Today, microgrids composed of PV panels or WTGs require inverters to connect to local AC distribution networks. Every inverter requires control circuitry to synchronize loads with 60 or 50 Hz AC systems. These inverters help to provide high-quality AC current without causing mains interference, also known as harmonics. If the final load requires DC, the AC must be converted

back again into DC. Thus, the incorporation of renewable distributed generation currently requires multiple stages of conversion, engendering multiple stages of inefficiency and loss. In addition, both PHEVs and EVs connected to the grid system require AC/DC charging controllers to charge the vehicle’s battery, while the use of PHEVs and EVs as energy-storage devices to feed electricity back into the grid system (i.e., to smooth peak curves) also hinges on the use of controllers to manage charging and discharging cycles.
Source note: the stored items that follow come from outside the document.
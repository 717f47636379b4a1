//! Whether requests that wait together get their slots in the order of their keys.

ghost use Rattle.std.specs.Prelude.{◌≡◌, ◌↔◌, All, IfOk, IsTrue, filter_map};
ghost use Rattle.log_stretches.specs.Orders.{stay_in, WaitedTogether, KeepOrder, AreInOrder};
ghost use Rattle.due_key.specs.Order.{ComesBefore};
ghost use Rattle.log_stretches.specs.Stretches.{stretches_of};

use crate::course::Course;
use crate::stretch::{Lane, Stretch};
use due_key::Key;
use log_entries::Queue;
use std::alloc::{AllocError, Global};

/// A wait that has ended. Positions count the entries of a log from 1.
#[derive(Clone, Copy, Debug, PartialEq, Eq)]
pub struct Stayed {
    pub key: Key,
    pub queue: Queue,
    /// The position at which it joined the queue.
    pub joined: usize,
    /// The position at which it left the queue.
    pub left: usize,
}

/// Returns the waits of a log that have ended, in the order in which they began.
pub fn stays_in(alloc: Global, course: &Course) -> Result<Vec<Stayed>, AllocError>
    ensures { IfOk result (λ stays. stays.items ≡ filter_map (stay_in course.now) (stretches_of course.now)) }
{
    course
        .stretches()
        .iter()
        .filter_map(|stretch| stay_in(course, stretch))
        .collect(alloc)
}

fn stay_in(course: &Course, stretch: &Stretch) -> Option<Stayed>
    ensures { result ≡ stay_in course.now stretch.now }
{
    let Lane::Queue(queue) = stretch.lane else {
        return None;
    };
    let came = course.arrival(stretch.ticket)?;
    Some(Stayed {
        key: came.arrival.key(),
        queue,
        joined: stretch.from,
        left: stretch.to?,
    })
}

/// Says whether of any two that waited together the one with the smaller key left first. `O(n²)`.
pub fn are_in_order(stays: &[Stayed]) -> bool
    ensures { IsTrue result ↔ AreInOrder stays.now }
{
    stays.iter().all(|stay| keeps_order_with(stay, stays))
}

fn keeps_order_with(stay: &Stayed, others: &[Stayed]) -> bool
    ensures { IsTrue result ↔ All (KeepOrder stay.now) others.now }
{
    others.iter().all(|other| keep_order(stay, other))
}

fn keep_order(stay: &Stayed, other: &Stayed) -> bool
    ensures { IsTrue result ↔ KeepOrder stay.now other.now }
{
    !waited_together(stay, other) || !comes_before(stay.key, other.key) || stay.left < other.left
}

fn waited_together(stay: &Stayed, other: &Stayed) -> bool
    ensures { IsTrue result ↔ WaitedTogether stay.now other.now }
{
    stay.queue == other.queue && stay.joined < other.left && other.joined < stay.left
}

fn comes_before(key: Key, other: Key) -> bool
    ensures { IsTrue result ↔ ComesBefore key other }
{
    key < other
}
These V2G interfaces create multiple stages of conversion.

 

Perhaps not surprisingly, DC systems have come back into vogue, as the rising prominence of DC loads, electric mobility, energy-storage devices, and renewable distributed generators has put pressure on AC systems built in the last century. One solution is to upgrade aged AC systems by incorporating advanced conversion devices. Alternatively, AC systems can be hybridized with DC

systems to support differing load types more efficiently. Hybridized AC and DC systems offer multiple advantages. They eliminate unnecessary multiconversion pathways from generation to final load, thereby reducing the total loss experienced throughout the system. Hybrid systems can also simplify equipment requirements for local systems, as the segregation of DC loads with DC supplies improves the provision of high-quality AC in the grid by reducing the harmonics associated with synchronization.

 

The growing prominence of PHEVs and EVs, along with the growing interest in sustainable energy supplies, energy-storage devices, and microgrids, will continue to motivate further investigations into improved power electronic converters and EMSs for hybridized grid systems.

 

Smart grid

A final variable in the electrical infrastructure equation is the integration of smart grid systems. Smart grids are particularly important for the future of electrically driven vehicles, as they ensure that new loads associated with PHEVs and EVs will not overburden electrical grid systems. They also ensure the lowest possible price for fuel for PHEV and EV owners and drivers.

 

The concept of a smart grid means different things to different users. Here, we use the characterization offered by the Institution of Engineering and Technology (IET), which argues a smart grid system is required for industrialized societies that hope to transition to low-carbon electrical networks without compromising security, stability, or low cost. In brief, smart grid systems are meant to integrate demand management systems with distributed generation to achieve the most efficient utilization of existing infrastructure, while also operating seamlessly in conjunction with new large-scale power generators.

 

While most twentieth-century power grids were designed to ensure that generation sources responded to user needs on demand, smart grid technologies enable more effective supply of loads with electrical production from conventional sources of power, as well as intermittent sources of power such as solar and wind. This is done by using intelligent control systems to monitor both loads and sources and to feed electricity back onto the grid from energy-storage devices when needed. To do this, grid operators will need to efficiently incorporate intermittent and variable renewable energy supplies, such as solar and wind, with energy-storage devices. In addition, smart V2G systems allow PHEVs and EVs to communicate with the electrical grid dynamically.